* Task directions: Reproduce the records word for word, from the first line to the line containing "show_cases(&rt, &mut StdSink::new(rt.stdout()))?;".

===== Records shown =====

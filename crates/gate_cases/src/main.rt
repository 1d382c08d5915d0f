// All that the gate runs: worked cases, of which it prints what each leaves; digraphs that are made twice; and
// the calls of tables, of which it prints those that answer something else.
#![tactic(auto)]

mod added;
mod answering;
mod batches;
mod case;
mod running;
mod runs;
mod stream_parts;
mod streams;
mod threads;

use crate::added::lines_added;
use crate::answering::Runs;
use crate::case::{Case, read_case};
use crate::running::{Outcome, run_case};
use crate::threads::rounds::{run_in_turn, summary};
use cip_io::{Sink, StdSink, push_all};
use gate_branches::Ranks;
use gate_differential::{Worked, compare_records};
use gate_records::Records;
use gate_tables::{Calls, make_calls};
use std::alloc::{AllocError, Global};
use std::marker::Brand;
use std::process::ExitCode;
use std::rt::Files;
use std::sync::ledger::Blank;
use std::thread::Threads;
use std::{fs, io};

// The cases, beside their input files.
const CASES: &str = "cases.txt";

fn main(rt: HostRuntime) -> io::Result<ExitCode> {
    show_cases(&rt, &mut StdSink::new(rt.stdout()))?;
    let differ = compare_records::<_, Brand>(&rt, Blank::new(1))?;
    make_all_calls(&rt)?;
    Ok(if differ {
        ExitCode::FAILURE
    } else {
        ExitCode::SUCCESS
    })
}

// The calls of all tables.
fn make_all_calls<R: Files + Print + Threads + Sync + AllocGlobal>(rt: &R) -> io::Result<()> {
    make_calls(rt, "calls.txt", &Calls)?;
    make_calls(rt, "records.txt", &Records)?;
    make_calls(rt, "digraphs.txt", &Worked)?;
    make_calls(rt, "branches.txt", &Ranks)?;
    make_calls(rt, "made_branches.txt", &Ranks)?;
    make_calls(rt, "runs.txt", &Runs)
}

// Runs each case of the table.
fn show_cases<R: Files + Threads + Sync + AllocGlobal, K: Sink>(
    rt: &R,
    out: &mut K,
) -> io::Result<()> {
    let table = fs::read_to_string(rt, CASES)?;
    for line in table.as_str().lines() {
        if let Some(case) = read_case(line) {
            let text = text_of(rt, &case)?;
            if push_all(out, &text).is_err() {
                return Err(io::Error::from(io::ErrorKind::Other));
            }
        }
    }
    Ok(())
}

// What is shown of a case: what its run leaves, or one line of the runs in which a call fails in turn.
fn text_of<R: Files + Threads + Sync + AllocGlobal>(
    rt: &R,
    case: &Case<'_>,
) -> io::Result<Vec<u8>> {
    let alloc = rt.alloc();
    let input = fs::read(rt, case.file)?;
    let Some(calls) = case.in_turn else {
        let outcome = run_case(rt, alloc, case, input.to_vec(alloc)?)?;
        return Ok(outcome_text(alloc, case.name, &input, &outcome)?);
    };
    let runs = run_in_turn(rt, alloc, case, calls, &input)?;
    let summary = summary(alloc, calls, &runs)?;
    Ok(format!(in alloc; "=== {}: {summary}\n", case.name)?.into_bytes())
}

// The name of a case and its exit status, its diagnostics, and the bytes that were written: where they are the input with
// lines put in, these lines alone.
fn outcome_text(
    alloc: Global,
    name: &str,
    input: &[u8],
    outcome: &Outcome,
) -> Result<Vec<u8>, AllocError> {
    let head = format!(in alloc; "=== {name}: status {}\n", outcome.status)?;
    let mut text = head.into_bytes();
    text.extend_from_slice(&outcome.said)?;
    match lines_added(alloc, input, &outcome.written)? {
        Some(added) => text.extend_from_slice(&added)?,
        None => text.extend_from_slice(&outcome.written)?,
    }
    text.push(b'\n')?;
    Ok(text)
}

=====

* Answer space:
filename crates/gate_cases/src/main.rt
repository 1d382c08d5915d0f
// All that the gate runs: worked cases, of which it prints what each leaves; digraphs that are made twice; and
// the calls of tables, of which it prints those that answer something else.
#![tactic(auto)]

mod added;
mod answering;
mod batches;
mod case;
mod running;
mod runs;
mod stream_parts;
mod streams;
mod threads;

use crate::added::lines_added;
use crate::answering::Runs;
use crate::case::{Case, read_case};
use crate::running::{Outcome, run_case};
use crate::threads::rounds::{run_in_turn, summary};
use cip_io::{Sink, StdSink, push_all};
use gate_branches::Ranks;
use gate_differential::{Worked, compare_records};
use gate_records::Records;
use gate_tables::{Calls, make_calls};
use std::alloc::{AllocError, Global};
use std::marker::Brand;
use std::process::ExitCode;
use std::rt::Files;
use std::sync::ledger::Blank;
use std::thread::Threads;
use std::{fs, io};

// The cases, beside their input files.
const CASES: &str = "cases.txt";

fn main(rt: HostRuntime) -> io::Result<ExitCode> {
    show_cases(&rt, &mut StdSink::new(rt.stdout()))?;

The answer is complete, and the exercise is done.